Print, exactly as written, every line from the first line of the records below through the line containing "that is left", and nothing further.

**Records for the exercise**
= = = = =

//! Rows on the pages of a store.

use crate::fault::{RowsFault, named};
use crate::playing::Asked;
use crate::texts::{first_word, put};
use crate::values::put_value;
use couch_json::read;
use std::alloc::Global;
use std::fmt::Write;
use store::{
    CutSide, DbName, IdRange, IndexKey, KeyCut, KeyRange, PageById, PageByKey, PageBySeq, RangeKey,
    SeqRange, Store,
};
use tree::DocId;

/// Adds what a store says.
///
/// `store faults`: how many faults it has met. `store reopened`: `opened`, behind which it is closed
/// and opened again. `seq NAME WORD ..`: rows by sequence, with `since N`, `limit N`, `leaves` for all
/// leaves. `id NAME WORD ..`: rows by id, with `start ID`, `end ID`, `before ID` for an end that is left
/// out, `down`, `skip N`, `limit N`. `key NAME DESIGN INDEX WORD ..`: rows of an index, with `low SIDE
/// KEY`, `high SIDE KEY`, where a side is `before`, `after` or `behind`, and the key has no blanks,
/// `down`, `skip N`, `limit N`. `uncounted` asks for no counts.
pub fn tell_store<S: Store>(
    asked: Asked<'_>,
    store: &mut S,
    out: &mut String,
) -> Result<(), RowsFault> {
    let (verb, rest) = first_word(asked.text());
    if verb == "store" {
        return put_state(store.faults(), rest, out);
    }
    let (name, words) = first_word(rest);
    let name = named(DbName::new(asked.alloc, name), out)?;
    match verb {
        "seq" => {
            let page = named(store.page_by_seq(&name, &sequence_range(words)), out)?;
            put_by_sequence(&page, out)
        }
        "id" => {
            let range = id_range(asked.alloc, words)?;
            let page = named(store.page_by_id(&name, &range), out)?;
            put_by_id(&page, out)
        }
        _ => tell_index(asked.alloc, store, &name, words, out),
    }
}

/// Adds how many faults a store has met, or that it is opened again.
fn put_state(faults: u64, what: &str, out: &mut String) -> Result<(), RowsFault> {
    match what {
        "faults" => write!(out, "{faults}")?,
        "reopened" => out.push_str("opened")?,
        _ => return Err(RowsFault::Refused("neither faults nor reopened")),
    }
    Ok(())
}

/// Adds rows of an index of a design document.
fn tell_index<S: Store>(
    alloc: Global,
    store: &mut S,
    name: &DbName,
    text: &str,
    out: &mut String,
) -> Result<(), RowsFault> {
    let (design, rest) = first_word(text);
    let (index, words) = first_word(rest);
    let design = named(DocId::new(alloc, design), out)?;
    let range = KeyRange {
        low: cut_behind(alloc, words, "low ", out)?,
        high: cut_behind(alloc, words, "high ", out)?,
        descending: has_word(words, "down"),
        skip: number_behind(words, "skip ").unwrap_or(0),
        limit: number_behind(words, "limit "),
        counted: !has_word(words, "uncounted"),
    };
    match named(store.page_by_key(name, &design, index, &range), out)? {
        Some(page) => put_by_key(alloc, &page, out),
        None => Err(RowsFault::Refused("no index")),
    }
}

/// Reads the cut behind a name, a side and a key, where one is there.
fn cut_behind(
    alloc: Global,
    words: &str,
    name: &str,
    out: &mut String,
) -> Result<Option<KeyCut>, RowsFault> {
    let Some((_, rest)) = words.split_once(name) else {
        return Ok(None);
    };
    let (side, rest) = first_word(rest);
    let (key, _) = first_word(rest);
    let side = match side {
        "before" => CutSide::Before,
        "after" => CutSide::After,
        _ => CutSide::AfterPrefix,
    };
    let key = IndexKey::new(named(read(alloc, key.as_bytes()), out)?);
    Ok(Some(KeyCut { key, side }))
}

/// Tells whether a word is among these.
fn has_word(words: &str, wanted: &str) -> bool {
    for word in words.split(' ') {
        if word == wanted {
            return true;
        }
    }
    false
}

/// Returns the word behind a name and its blank, where that is there.
fn word_behind<'a>(words: &'a str, name: &str) -> Option<&'a str> {
    let (_, rest) = words.split_once(name)?;
    Some(first_word(rest).0)
}

/// Returns the number behind a name and its blank, where there is one.
fn number_behind(words: &str, name: &str) -> Option<u64> {
    word_behind(words, name)?.parse::<u64>().ok()
}

/// Returns the word behind a name and its blank as a key, where that is there.
fn key_behind(alloc: Global, words: &str, name: &str) -> Result<Option<RangeKey>, RowsFault> {
    match word_behind(words, name) {
        Some(word) => Ok(Some(RangeKey::new(String::from_str(alloc, word)?))),
        None => Ok(None),
    }
}

/// Reads the words of a range of sequences.
fn sequence_range(words: &str) -> SeqRange {
    SeqRange {
        since: number_behind(words, "since ").unwrap_or(0),
        limit: number_behind(words, "limit "),
        all_leaves: has_word(words, "leaves"),
        counted: !has_word(words, "uncounted"),
    }
}

/// Reads the words of a range of ids.
fn id_range(alloc: Global, words: &str) -> Result<IdRange, RowsFault> {
    let inclusive_end = !has_word(words, "before");
    let end = if inclusive_end { "end " } else { "before " };
    Ok(IdRange {
        start: key_behind(alloc, words, "start ")?,
        end: key_behind(alloc, words, end)?,
        inclusive_end,
        descending: has_word(words, "down"),
        skip: number_behind(words, "skip ").unwrap_or(0),
        limit: number_behind(words, "limit "),
        counted: !has_word(words, "uncounted"),
    })
}

/// Adds a page by sequence.
fn put_by_sequence(page: &PageBySeq, out: &mut String) -> Result<(), RowsFault> {
    for row in &page.rows {
        write!(out, "{} {}", row.sequence, row.id.as_str())?;
        for rev in &row.revs {
            write!(out, " {rev}")?;
        }
        out.push_str(if row.deleted { " deleted, " } else { ", " })?;
    }
    write!(out, "last {} of {}", page.last_seq, page.sequence)?;
    if let Some(counts) = &page.counts {
        write!(
            out,
            ", {} documents, {} deleted",
            counts.documents, counts.deleted
        )?;
    }
    Ok(())
}

/// Adds a page by id.
fn put_by_id(page: &PageById, out: &mut String) -> Result<(), RowsFault> {
    for row in &page.rows {
        write!(out, "{} {}, ", row.id.as_str(), row.rev)?;
    }
    match &page.counts {
        Some(counts) => put_counts(counts.offset, counts.total, out),
        None => put("uncounted", out),
    }
}

/// Adds a page by key.
fn put_by_key(alloc: Global, page: &PageByKey, out: &mut String) -> Result<(), RowsFault> {
    for row in &page.rows {
        put_value(alloc, row.key().json(), out)?;
        write!(out, " {}, ", row.id().as_str())?;
    }
    match &page.counts {
        Some(counts) => put_counts(counts.offset, counts.total, out),
        None => put("uncounted", out),
    }
}

/// Adds how many rows stand before a page, and how many there are.
fn put_counts(offset: u64, total: u64, out: &mut String) -> Result<(), RowsFault> {
    write!(out, "offset {offset} of {total}")?;
    Ok(())
}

= = = = =

**Problem solution**
//! Rows on the pages of a store.

use crate::fault::{RowsFault, named};
use crate::playing::Asked;
use crate::texts::{first_word, put};
use crate::values::put_value;
use couch_json::read;
use std::alloc::Global;
use std::fmt::Write;
use store::{
    CutSide, DbName, IdRange, IndexKey, KeyCut, KeyRange, PageById, PageByKey, PageBySeq, RangeKey,
    SeqRange, Store,
};
use tree::DocId;

/// Adds what a store says.
///
/// `store faults`: how many faults it has met. `store reopened`: `opened`, behind which it is closed
/// and opened again. `seq NAME WORD ..`: rows by sequence, with `since N`, `limit N`, `leaves` for all
/// leaves. `id NAME WORD ..`: rows by id, with `start ID`, `end ID`, `before ID` for an end that is left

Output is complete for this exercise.